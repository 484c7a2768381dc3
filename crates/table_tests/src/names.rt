//! Several maps in one table, each under a name.
ghost use Rattle.std.specs.Prelude.{◌≡◌, ◌<◌, All, length};
ghost use Rattle.map_table.specs.Held.{IsReady};

use crate::map_table_runs::{COUNT, WORDS, context_of, verified_with};
use bpf_model::{MapKind, MapShape};
use map_table::{MapTable, ReadSeat, Secret, TableShape, Values, Writer};
use shared_runs::maps::{NamedMap, SubWord, fits_named, key_in, run_named};
use std::alloc::{AllocError, Global};
use std::test::Fail;
use verifier::Verified;

/// A table for 32 keys of a name and two words, with values of two words.
const TABLE: TableShape = TableShape {
    readers: 2,
    buckets: 8,
    elements: 32,
    key_words: 3,
    value_words: 2,
    values: Values::Shared,
    secret: Secret {
        first: 0x1234_5678_9abc_def0,
        second: 0x0fed_cba9_8765_4321,
    },
};

/// Keys and values of 16 bytes.
const PAIRS: MapShape = MapShape {
    kind: MapKind::Hash,
    key_len: 16,
    value_len: 16,
    entries: 4,
    spare: 4,
    reuse_limit: 100,
};

/// The map of single words.
const SINGLE: NamedMap = NamedMap {
    name: 11,
    key_words: 1,
    value_words: 1,
};

/// The map of pairs of words.
const PAIR: NamedMap = NamedMap {
    name: 22,
    key_words: 2,
    value_words: 2,
};

/// The name of the first map with the lengths of the second.
const SINGLE_OF_TWO: NamedMap = NamedMap {
    name: 11,
    key_words: 2,
    value_words: 2,
};

/// A lookup of the word that the context has in the first map, and of it with a zero in the second. It exits with the sum
/// of what it found: the one value, and the second word of the other.
const SUM: &str = "\
    79160000000000007b6af0ff00000000b7090000000000007b9af8ff000000008520000001000000\
    bfa200000000000007020000f0ffffff185100000000000000000000000000008500000001000000\
    15000100000000007909000000000000bfa200000000000007020000f0ffffff1851000001000000\
    00000000000000008500000001000000150002000000000079080800000000000f89000000000000\
    8520000002000000bf900000000000009500000000000000";

/// Links a value under a key of a map, and tells whether there was room.
fn link(table: &MapTable, writer: &mut Writer, map: &NamedMap, key: &[u64], value: [u64; 2]) -> bool
    requires table { writer.old.table ≡ table.now }
    requires shape { table.now.shape ≡ TABLE }
    requires key { (length key.now ≡ map.now.key_words) × (map.now.key_words < 8) }
    ensures table { writer.new.table ≡ table.now }
{
    let key = key_in(map, key);
    writer.link(table, &key[..3], &value).is_some()
}

/// Links the word 5 in both maps, 6 in the first alone, and 7 in the second alone.
fn link_all(table: &MapTable, writer: &mut Writer) -> bool
    requires table { writer.old.table ≡ table.now }
    requires shape { table.now.shape ≡ TABLE }
{
    let both = link(table, writer, &SINGLE, &[5], [100, 0])
        && link(table, writer, &PAIR, &[5, 0], [1, 2000]);
    both && link(table, writer, &SINGLE, &[6], [300, 0])
        && link(table, writer, &PAIR, &[7, 0], [2, 4000])
}

/// What a run of the program with these maps comes to on this word, if the table keeps them.
fn run(
    table: &MapTable,
    seat: &mut ReadSeat,
    maps: &[NamedMap],
    verified: &Verified,
    word: u64,
) -> Option<Result<u64, SubWord>>
    requires ready { IsReady table.now seat.old }
    ensures ready { IsReady table.now seat.new }
{
    let ctx = context_of(word);
    if !fits_named(table, maps, verified) || ctx.len() != verified.ctx_len() {
        return None;
    }
    Some(run_named(table, seat, maps, verified, &ctx))
}

/// Lists of maps, words, and what a run of the program that sums comes to with these.
const RUNS: &[(&[NamedMap], u64, Option<Result<u64, SubWord>>)] = &[
    (&[SINGLE, PAIR], 5, Some(Ok(2100))),
    (&[SINGLE, PAIR], 6, Some(Ok(300))),
    (&[SINGLE, PAIR], 7, Some(Ok(4000))),
    (&[SINGLE, PAIR], 8, Some(Ok(0))),
    (&[PAIR, SINGLE], 5, None),
    (&[SINGLE], 5, None),
    (&[SINGLE, SINGLE_OF_TWO], 5, None),
];

/// How many of these runs come to that, where the words are linked.
fn count_right(
    table: &MapTable,
    seats: &mut [ReadSeat],
    writer: &mut Writer,
    program: &Verified,
) -> Option<usize>
    requires ready { All (IsReady table.now) seats.old }
    requires table { writer.old.table ≡ table.now }
    requires shape { table.now.shape ≡ TABLE }
{
    let [seat, ..] = seats else {
        return None;
    };
    if !link_all(table, writer) {
        return None;
    }
    let mut right = 0usize;
    for row in RUNS {
        let (maps, word, end) = row;
        if run(table, seat, maps, program, *word) == *end {
            right = right.saturating_add(1);
        }
    }
    Some(right)
}

/// A new table, over which the runs of the one program come to that. Whether it keeps the other program's maps.
fn runs_in_new(
    alloc: Global,
    program: &Verified,
    same: &Verified,
) -> Result<(Option<usize>, bool), AllocError> {
    let (table, mut seats, mut writer) = MapTable::new(alloc, TABLE)?;
    let right = count_right(&table, &mut seats.list, &mut writer, program);
    Ok((right, fits_named(&table, &[SINGLE, SINGLE], same)))
}

/// Two maps of different lengths lie in one table, with the same words of a key in both. A program finds each map's own
/// value, and none where only the other map has the key. It is not run with its maps the other way round, with one, or with
/// two of one name and other lengths. Two of one name and the same lengths are one map.
#[test]
fn each_map_has_its_own_keys(rt: HostRuntime) -> Result<(), Fail> {
    let alloc = rt.alloc();
    let program = verified_with(alloc, SUM, &[WORDS, PAIRS])?;
    let same = verified_with(alloc, COUNT, &[WORDS, WORDS])?;
    let (right, fits) = runs_in_new(alloc, &program, &same)?;
    assert!(rt; right == Some(7) && fits);
    Ok(())
}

[TASK ITEM]: Please copy out the records exactly as they appear.

[SOLUTION TO THE EXERCISE]:
repository 484c7a2768381dc3
filename crates/table_tests/src/names.rt
//! Several maps in one table, each under a name.
ghost use Rattle.std.specs.Prelude.{◌≡◌, ◌<◌, All, length};
ghost use Rattle.map_table.specs.Held.{IsReady};

use crate::map_table_runs::{COUNT, WORDS, context_of, verified_with};
use bpf_model::{MapKind, MapShape};
use map_table::{MapTable, ReadSeat, Secret, TableShape, Values, Writer};
use shared_runs::maps::{NamedMap, SubWord, fits_named, key_in, run_named};
use std::alloc::{AllocError, Global};
use std::test::Fail;
use verifier::Verified;

/// A table for 32 keys of a name and two words, with values of two words.
const TABLE: TableShape = TableShape {
    readers: 2,
    buckets: 8,
    elements: 32,
    key_words: 3,
    value_words: 2,
    values: Values::Shared,
    secret: Secret {
        first: 0x1234_5678_9abc_def0,
        second: 0x0fed_cba9_8765_4321,
    },
};

/// Keys and values of 16 bytes.
const PAIRS: MapShape = MapShape {
    kind: MapKind::Hash,
    key_len: 16,
    value_len: 16,
    entries: 4,
    spare: 4,
    reuse_limit: 100,
};

/// The map of single words.
const SINGLE: NamedMap = NamedMap {
    name: 11,
    key_words: 1,
    value_words: 1,
};

/// The map of pairs of words.
const PAIR: NamedMap = NamedMap {
    name: 22,
    key_words: 2,
    value_words: 2,
};

/// The name of the first map with the lengths of the second.
const SINGLE_OF_TWO: NamedMap = NamedMap {
    name: 11,
    key_words: 2,
    value_words: 2,
};

/// A lookup of the word that the context has in the first map, and of it with a zero in the second. It exits with the sum
/// of what it found: the one value, and the second word of the other.
const SUM: &str = "\
    79160000000000007b6af0ff00000000b7090000000000007b9af8ff000000008520000001000000\
    bfa200000000000007020000f0ffffff185100000000000000000000000000008500000001000000\
    15000100000000007909000000000000bfa200000000000007020000f0ffffff1851000001000000\
    00000000000000008500000001000000150002000000000079080800000000000f89000000000000\
    8520000002000000bf900000000000009500000000000000";

/// Links a value under a key of a map, and tells whether there was room.
fn link(table: &MapTable, writer: &mut Writer, map: &NamedMap, key: &[u64], value: [u64; 2]) -> bool
    requires table { writer.old.table ≡ table.now }
    requires shape { table.now.shape ≡ TABLE }
    requires key { (length key.now ≡ map.now.key_words) × (map.now.key_words < 8) }
    ensures table { writer.new.table ≡ table.now }
{
    let key = key_in(map, key);
    writer.link(table, &key[..3], &value).is_some()
}

/// Links the word 5 in both maps, 6 in the first alone, and 7 in the second alone.
fn link_all(table: &MapTable, writer: &mut Writer) -> bool
    requires table { writer.old.table ≡ table.now }
    requires shape { table.now.shape ≡ TABLE }
{
    let both = link(table, writer, &SINGLE, &[5], [100, 0])
        && link(table, writer, &PAIR, &[5, 0], [1, 2000]);
    both && link(table, writer, &SINGLE, &[6], [300, 0])
        && link(table, writer, &PAIR, &[7, 0], [2, 4000])
}

/// What a run of the program with these maps comes to on this word, if the table keeps them.
fn run(
    table: &MapTable,
    seat: &mut ReadSeat,
    maps: &[NamedMap],
    verified: &Verified,
    word: u64,
) -> Option<Result<u64, SubWord>>
    requires ready { IsReady table.now seat.old }
    ensures ready { IsReady table.now seat.new }
{
    let ctx = context_of(word);
    if !fits_named(table, maps, verified) || ctx.len() != verified.ctx_len() {
        return None;
    }
    Some(run_named(table, seat, maps, verified, &ctx))
}

/// Lists of maps, words, and what a run of the program that sums comes to with these.
const RUNS: &[(&[NamedMap], u64, Option<Result<u64, SubWord>>)] = &[
    (&[SINGLE, PAIR], 5, Some(Ok(2100))),
    (&[SINGLE, PAIR], 6, Some(Ok(300))),
    (&[SINGLE, PAIR], 7, Some(Ok(4000))),
    (&[SINGLE, PAIR], 8, Some(Ok(0))),
    (&[PAIR, SINGLE], 5, None),
    (&[SINGLE], 5, None),
    (&[SINGLE, SINGLE_OF_TWO], 5, None),
];

/// How many of these runs come to that, where the words are linked.
fn count_right(
    table: &MapTable,
    seats: &mut [ReadSeat],
    writer: &mut Writer,
    program: &Verified,
) -> Option<usize>
    requires ready { All (IsReady table.now) seats.old }
    requires table { writer.old.table ≡ table.now }
    requires shape { table.now.shape ≡ TABLE }
{
    let [seat, ..] = seats else {
        return None;
    };
    if !link_all(table, writer) {
        return None;
    }
    let mut right = 0usize;
    for row in RUNS {
        let (maps, word, end) = row;
        if run(table, seat, maps, program, *word) == *end {
            right = right.saturating_add(1);
        }
    }
    Some(right)
}

/// A new table, over which the runs of the one program come to that. Whether it keeps the other program's maps.
fn runs_in_new(
    alloc: Global,
    program: &Verified,
    same: &Verified,
) -> Result<(Option<usize>, bool), AllocError> {
    let (table, mut seats, mut writer) = MapTable::new(alloc, TABLE)?;
    let right = count_right(&table, &mut seats.list, &mut writer, program);
    Ok((right, fits_named(&table, &[SINGLE, SINGLE], same)))
}

/// Two maps of different lengths lie in one table, with the same words of a key in both. A program finds each map's own
/// value, and none where only the other map has the key. It is not run with its maps the other way round, with one, or with
/// two of one name and other lengths. Two of one name and the same lengths are one map.
#[test]
fn each_map_has_its_own_keys(rt: HostRuntime) -> Result<(), Fail> {
    let alloc = rt.alloc();
    let program = verified_with(alloc, SUM, &[WORDS, PAIRS])?;
    let same = verified_with(alloc, COUNT, &[WORDS, WORDS])?;
    let (right, fits) = runs_in_new(alloc, &program, &same)?;
    assert!(rt; right == Some(7) && fits);
    Ok(())
}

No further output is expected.